Tangentially, why is it that guys in Arkansas can own 150 different guns of ridiculous caliber, but anytime any popular musician gets caught with a dinky pistol, they go to jail on weapons charges (I’m looking at you David Crosby)?
Even more Tangentially, you ever notice how hippies and Libertarian gun-nuts have the exact same views about a world-wide conspiracy that actually controls everything? It’s just that hippies think it’s Conservative-Corporate-Christian-Nazis that are in charge and conservatives think it’s Liberal-Homosexual-Nazi-Jews. They even start talking about it in the same way, usually when you talk about voting. You know, in a casual fashion.
You: “Oh yeah, that reminds me, I need to register to vote since I moved last month.”
Lefty/Righty: “I don’t vote anymore man. I mean, come on, you don’t think THEY’LL let us change anything do you? THEY’VE got it all figured out man! Have you ever seen ________ book about the Kennedy Assassination/The Rothchilds!?”

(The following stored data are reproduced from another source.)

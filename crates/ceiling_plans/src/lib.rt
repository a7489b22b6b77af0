//! The search for a walk in rounds by a plan: how often each edge is to be taken, as the linear
//! program behind a ceiling has it. Nothing is promised of what is found, but that the search ends:
//! who takes it looks whether it is a walk.
//!
//! Code, from the bottom up. `marks` has how the marks stand in one another, and `places` the
//! places and kinds of edges that a plan counts passes of; `plan` is how often each kind is taken.
//! `strong` finds what leads to one another, `opening` chooses the mark at which a loop is opened,
//! and `loops` has the loops in one another. `owed` tells what is owed by the prices, `stock` what
//! is left of a plan and of a visit's share, which is all of that or an even one (`sharing`), and
//! `ways_back` whether a way leads back to where it began. `trail` has the pieces so far; `walking`
//! goes on step by step, where `choosing` tells by which edge, and `rounds` takes rounds at once.
#![tactic(auto)]

mod choosing;
mod loops;
mod marks;
mod opening;
mod owed;
mod places;
mod plan;
mod rounds;
mod sharing;
mod stock;
mod strong;
mod trail;
mod walking;
mod ways_back;

use base_notes::{Mark, Times};
use base_words::REVOLUTION;
use ceiling_optimum::{Budget, Share};
use ceiling_pieces::Laying;
use ceiling_rows::SiteRow;
use flow_walks::Piece;
use loops::Loops;
use marks::Marks;
pub use owed::Owed;
use places::Places;
use plan::Plan;
use sharing::Sharing;
use std::alloc::{AllocError, Global};
use stock::Stock;
use trail::Trail;
use walking::Walking;
use ways_back::{Ground, WaysBack};

/// How many steps one walk may take of the budget.
const WALK: u64 = 10_000_000;

/// What walks are strung together over: the timing table, the marks, the rows of sites, the number
/// of the start's, and what is owed by the prices of the ceiling.
#[derive(Clone, Copy)]
pub struct Task<'a> {
    pub times: &'a Times,
    pub marks: &'a [Mark],
    pub rows: &'a [SiteRow],
    pub first: usize,
    pub owed: Owed<'a>,
    /// A walk that takes as long need not be looked for to take longer.
    pub most: u128,
}

impl<'a> Task<'a> {
    /// These together.
    pub fn new(
        times: &'a Times,
        marks: &'a [Mark],
        rows: &'a [SiteRow],
        first: usize,
        owed: Owed<'a>,
        most: u128,
    ) -> Task<'a> {
        Task {
            times,
            marks,
            rows,
            first,
            owed,
            most,
        }
    }
}

/// The pieces of a walk, with the word times that it takes as the search reckons.
#[derive(Drop)]
pub struct Found {
    pub time: u128,
    pub pieces: Vec<Piece>,
}

/// The pieces of a walk that takes as long as was found, by how often each way is to be taken.
/// None, where no walk was found.
pub fn find(
    alloc: Global,
    task: Task<'_>,
    shares: &[Share],
    budget: &mut Budget,
) -> Result<Found, AllocError> {
    let marks = Marks::of(alloc, task.marks)?;
    let places = Places::of(alloc, task.rows)?;
    let way = Way {
        task,
        marks: &marks,
        places: &places,
        shares,
    };
    let mut best = Found {
        time: 0,
        pieces: Vec::new(alloc),
    };
    for manner in Manner::ALL {
        let has_parts = shares.iter().any(|share| share.has_part);
        if best.time < task.most && (has_parts || !manner.is_up) {
            let other = way.strung(alloc, manner, budget)?;
            best = if other.time > best.time { other } else { best };
        }
    }
    Ok(best)
}

/// How a walk goes by its plan.
#[derive(Clone, Copy)]
struct Manner {
    /// Whether parts of a time are rounded up.
    is_up: bool,
    /// Whether each visit of a loop gets an even share.
    is_even: bool,
    /// Whether it rather goes into a loop than past it.
    goes_in: bool,
}

impl Manner {
    /// All that are tried, one after the other, until a walk takes as long as any.
    const ALL: [Manner; 8] = [
        Manner {
            is_up: false,
            is_even: false,
            goes_in: false,
        },
        Manner {
            is_up: false,
            is_even: true,
            goes_in: false,
        },
        Manner {
            is_up: false,
            is_even: false,
            goes_in: true,
        },
        Manner {
            is_up: false,
            is_even: true,
            goes_in: true,
        },
        Manner {
            is_up: true,
            is_even: false,
            goes_in: false,
        },
        Manner {
            is_up: true,
            is_even: true,
            goes_in: false,
        },
        Manner {
            is_up: true,
            is_even: false,
            goes_in: true,
        },
        Manner {
            is_up: true,
            is_even: true,
            goes_in: true,
        },
    ];
}

/// What all walks are strung together from.
#[derive(Clone, Copy)]
struct Way<'a> {
    task: Task<'a>,
    marks: &'a Marks,
    places: &'a Places,
    shares: &'a [Share],
}

impl Way<'_> {
    /// A walk that goes in this manner.
    fn strung(
        self,
        alloc: Global,
        manner: Manner,
        budget: &mut Budget,
    ) -> Result<Found, AllocError> {
        let plan = Plan::of(alloc, self.places, self.shares, manner.is_up)?;
        let loops = Loops::of(alloc, self.places, self.marks, &plan)?;
        let start = self.places.at(self.task.first);
        let sharing = if manner.is_even {
            Some(Sharing::of(alloc, &plan, &loops, self.places, start)?)
        } else {
            None
        };
        let ground = Ground::new(self.task.rows, self.marks, self.places, &loops);
        let stock = Stock::of(&plan, sharing)?;
        go_along(alloc, self.task, ground, manner.goes_in, stock, budget)
    }
}

/// The walk that takes what there is.
fn go_along<'a>(
    alloc: Global,
    task: Task<'a>,
    ground: Ground<'a>,
    goes_in: bool,
    stock: Stock,
    budget: &mut Budget,
) -> Result<Found, AllocError> {
    let row = task.rows.get(task.first);
    let number = row.map_or(0, |row| row.location.number);
    // One place behind the start the search for it takes longest.
    let angle = (u64::from(number) + 1) % REVOLUTION;
    let laying = Laying::new(alloc, task.times, task.rows);
    let trail = Trail::new(alloc, laying, ground.places.kinds.len(), angle)?;
    let part = budget.part(WALK);
    let mut walking = Walking::new(
        alloc, ground, task.owed, goes_in, stock, trail, task.first, part,
    )?;
    walking.go()?;
    let Walking {
        trail,
        budget: left,
        ..
    } = walking;
    budget.take_back(left);
    Ok(Found {
        time: trail.time(),
        pieces: trail.finish()?,
    })
}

Add more “mans” for a leftist and more Bible references for conservatives. Personally, I think the Black Helicopters are manned by Neo-conservative, oil-magnate, Jewish trust-fund lesbian, Mafia, Aliens who really want there to be a super-highway through tornado alley. It will make it easier for them to steel the gold, guns and bibles of those who live in trailer parks in, wait for it, tornado alley.
Finally, a little less of a tangent. I am willing to bet that Alex, the UCB intern is having a hard time getting laid. The college Republicans table on Sproul Plaza gets less traffic than the LaRouchies (who with their cult-like blathering, probably do alright in teh orgasm stakes). Don’t feel too guilty about those shower masturbation sessions where you chant Rush’s name buddy, you gotta do what you gotta do to get through. Go Bears.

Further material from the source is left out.